GitHub Code GPT-2 Training Pipeline | Generated by AI
Here’s the full pipeline summary:
=== /mnt/data/zz — GitHub Code Training Pipeline ===
STEP 1: DOWNLOAD (codeparrot/github-code from HuggingFace)
- Script: scripts/download/download_github_code.py
- Uses wget to pull parquet shards from HF
- Downloaded 38 shards so far (~11 GB), target was 100 GB
- Output: datasets/github-code/train-00000-of-01126.parquet …
STEP 2: TOKENIZE (GPT-2 BPE via tiktoken)
- Script: scripts/extract/tokenize_github_code.py
- Reads parquet ‘content’ column, encodes with tiktoken gpt2
- Writes 100M-token .npy shards (uint16)
- First shard = val, rest = train
- Creates symlinks with edufineweb_ prefix so nanoGPT finds them
- Output: datasets/github-code-tok/
- 140 train shards + 1 val shard
- 13.97B train tokens, 100M val tokens
- 27 GB total
STEP 3: TRAIN (nanoGPT, running now in tmux “train”)

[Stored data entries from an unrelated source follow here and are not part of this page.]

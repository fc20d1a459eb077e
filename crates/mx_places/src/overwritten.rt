//! An instruction that the program itself has changed.

ghost use Rattle.std.specs.Prelude.{◌≡◌};

use mx_replay::Replay;
use mx_stops::{Place, value_at};
use mx_text::{add_decimal, tetra_hex};
use mx_word::{Bytes, NoMemory};

/// The tetra that an address has in the octa that holds it.
fn tetra_in(octa: u64, a: u64) -> u32 {
    if a % 8 < 4 {
        (octa >> 32) as u32
    } else {
        (octa % (1 << 32)) as u32
    }
}

/// Adds that the program changed the instruction that comes next, if it did.
pub fn add_overwritten(out: &mut Bytes, replay: &mut Replay) -> Result<(), NoMemory>
    ensures { replay.new ≡ replay.old }
{
    let pc = replay.machine().pc();
    let place = Place::Octa(pc);
    let now = tetra_in(value_at(replay.machine(), place), pc);
    if now == tetra_in(replay.first_value(place)?, pc) {
        return Ok(());
    }
    out.extend(b"the program changed the instruction here")?;
    if let Some(k) = replay.find_maker(place)? {
        out.extend(b" at step ")?;
        add_decimal(out, k.saturating_sub(1))?;
    }
    out.extend(b"; it is now #")?;
    out.extend(&tetra_hex(now))?;
    out.extend(b"\n")
}
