//! The break that a line orders.

ghost use Rattle.std.specs.Prelude.{◌≡◌};
ghost use Rattle.mx_places.specs.Orders as spec;

use crate::conditions::parse_condition;
use crate::places::parse_target;
use mx_ask::cut_word;
use mx_book::Book;
use mx_stops::Condition;

/// A break as a line orders it.
#[derive(Clone, Copy)]
pub struct Wanted {
    pub address: u64,
    pub condition: Option<Condition>,
}

/// Why a line orders no break.
#[derive(Clone, Copy)]
pub enum Unwanted {
    Target,
    Condition,
}

/// The condition that is written after the word `if`.
fn condition_after(book: &Book, text: &[u8]) -> Option<Condition>
    ensures { result ≡ spec.condition_after book.now text.now }
{
    let (word, rest) = cut_word(text);
    if word == b"if".as_slice() {
        parse_condition(book, rest)
    } else {
        None
    }
}

/// What follows the place of a break: a condition, or nothing.
fn parse_break_condition(book: &Book, text: &[u8]) -> Result<Option<Condition>, Unwanted>
    ensures { result ≡ spec.wanted_condition book.now text.now }
{
    if text.is_empty() {
        return Ok(None);
    }
    match condition_after(book, text) {
        Some(condition) => Ok(Some(condition)),
        None => Err(Unwanted::Condition),
    }
}

/// The address of a break: where nothing is written, that of the instruction that comes next.
fn parse_break_address(book: &Book, pc: u64, word: &[u8]) -> Result<u64, Unwanted>
    ensures { result ≡ spec.wanted_address book.now pc word.now }
{
    if word.is_empty() {
        return Ok(pc);
    }
    match parse_target(book, word) {
        Some(target) => Ok(target.address),
        None => Err(Unwanted::Target),
    }
}

/// The break that a line orders where an instruction comes next.
#[tactic(auto, unfolding(crate::specs::Orders::wanted_in))]
pub fn parse_break(book: &Book, pc: u64, text: &[u8]) -> Result<Wanted, Unwanted>
    ensures { result ≡ spec.wanted_in book.now pc text.now }
{
    let (word, rest) = cut_word(text);
    let address = match parse_break_address(book, pc, word) {
        Ok(address) => address,
        Err(why) => return Err(why),
    };
    match parse_break_condition(book, rest) {
        Ok(condition) => Ok(Wanted { address, condition }),
        Err(why) => Err(why),
    }
}
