//! What a text names where a machine is known: a register with a number added or taken away, too.

ghost use Rattle.std.specs.Prelude.{◌≡◌};
ghost use Rattle.mx_core.specs.Kept.{state_of};
ghost use Rattle.mx_places.specs.Moments as spec;

use crate::places::{resolve_for_display, resolve_name};
use crate::sums::{add_numbers, cut_sum, parse_offset};
use mx_book::{Book, Thing};
use mx_core::Machine;

/// What a register has.
fn read_held(machine: &Machine, thing: Option<Thing>) -> Option<u64>
    ensures { result ≡ spec.held (state_of machine.now) thing }
{
    match thing {
        Some(Thing::Register(k)) => Some(machine.register(k)),
        _ => None,
    }
}

/// What a register has and what is added to it, as `$253-12` writes it.
fn register_sum(book: &Book, machine: &Machine, text: &[u8]) -> Option<u64>
    ensures { result ≡ spec.register_sum book.now (state_of machine.now) text.now }
{
    let (base, rest) = cut_sum(text);
    add_numbers(
        read_held(machine, resolve_name(book, base)),
        parse_offset(rest),
    )
}

/// What a text names in a machine.
#[tactic(auto, unfolding(crate::specs::Moments::named_now))]
pub fn resolve_name_now(book: &Book, machine: &Machine, text: &[u8]) -> Option<Thing>
    ensures { result ≡ spec.named_now book.now (state_of machine.now) text.now }
{
    match register_sum(book, machine, text) {
        Some(n) => Some(Thing::Number(n)),
        None => resolve_name(book, text),
    }
}

/// The same, but for a name with an address of data: it means the octa there.
#[tactic(auto, unfolding(crate::specs::Moments::shown_now))]
pub fn resolve_for_display_now(book: &Book, machine: &Machine, text: &[u8]) -> Option<Thing>
    ensures { result ≡ spec.shown_now book.now (state_of machine.now) text.now }
{
    match register_sum(book, machine, text) {
        Some(n) => Some(Thing::Number(n)),
        None => resolve_for_display(book, text),
    }
}
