//! What is said of an operation that MMIX does not have.

ghost use Rattle.std.specs.Prelude.{◌≡◌, map};
ghost use Rattle.std.specs.List.{find};
ghost use Rattle.std.specs.Option.{option_map};
ghost use Rattle.std.specs.Str.{str_eq_ignore_ascii_case};
ghost use Rattle.mx_foreign.specs.Foreign as spec;

use crate::table::{FOREIGN, Row};

/// Whether a row has this name; upper and lower case do not matter.
fn has_name(row: &Row, name: &[u8]) -> bool
    ensures { result ≡ str_eq_ignore_ascii_case name.now row.now.0.now }
{
    name.eq_ignore_ascii_case(row.0.as_bytes())
}

/// The first of rows that has this name.
fn row_of<'a>(rows: &'a [Row], name: &[u8]) -> Option<&'a Row>
    ensures { option_map (λ row. row.now) result ≡ find (λ row. str_eq_ignore_ascii_case name.now row.0.now) rows.now }
{
    rows.iter().find(|row| has_name(row, name))
}

/// The sentence of the first of rows that has this name; no text where none has it.
#[tactic(auto, using(crate::proofs::Rows::rows))]
fn advice_in(rows: &[Row], name: &[u8]) -> &'static str
    ensures { result.now ≡ spec.advice_in name.now (map (λ row. (row.0.now, row.1.now)) rows.now) }
{
    match row_of(rows, name) {
        Some(row) => row.1,
        None => "",
    }
}

/// What MMIX has in place of an operation of other machines; no text for any other name. Upper and lower case do not matter.
#[tactic(auto, unfolding(crate::specs::Foreign::advice_of, crate::specs::Foreign::foreign))]
pub fn advice_on(name: &[u8]) -> &'static str
    ensures { result.now ≡ spec.advice_of name.now }
{
    advice_in(&FOREIGN, name)
}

- Config: nanoGPT/config/train_github_code_124m.py
- GPT-2 124M (12 layers, 12 heads, 768 embd)
- Batch 4 × 1024, grad_accum 8 = 32,768 tokens/step
- 427,000 steps × 32,768 = ~14B tokens (covers all data)
- Currently at iter 14,000 / 427,000 (~3.3%)
- Best val loss: 5.87
- ~5 days estimated to finish
- Checkpoint: out-github-code-124m/ckpt.pt (1.49 GB)
LATEST COMMITS: 79273b9 feat(training): add GPT-2 124M config for github-code on RTX 4070 c0672b7 refactor(extract): simplify tokenization logic 0f9416d chore(finetune): add merge script, gitignore *.gguf 336bcef Add github-code download and tokenize scripts
NOTE: Only 38 of 1126 parquet shards were downloaded (11 GB of 100 GB target). But the tokenization produced ~14B tokens already, which is exactly what the training config targets. So the pipeline is complete for this run — download more shards later if you want more data.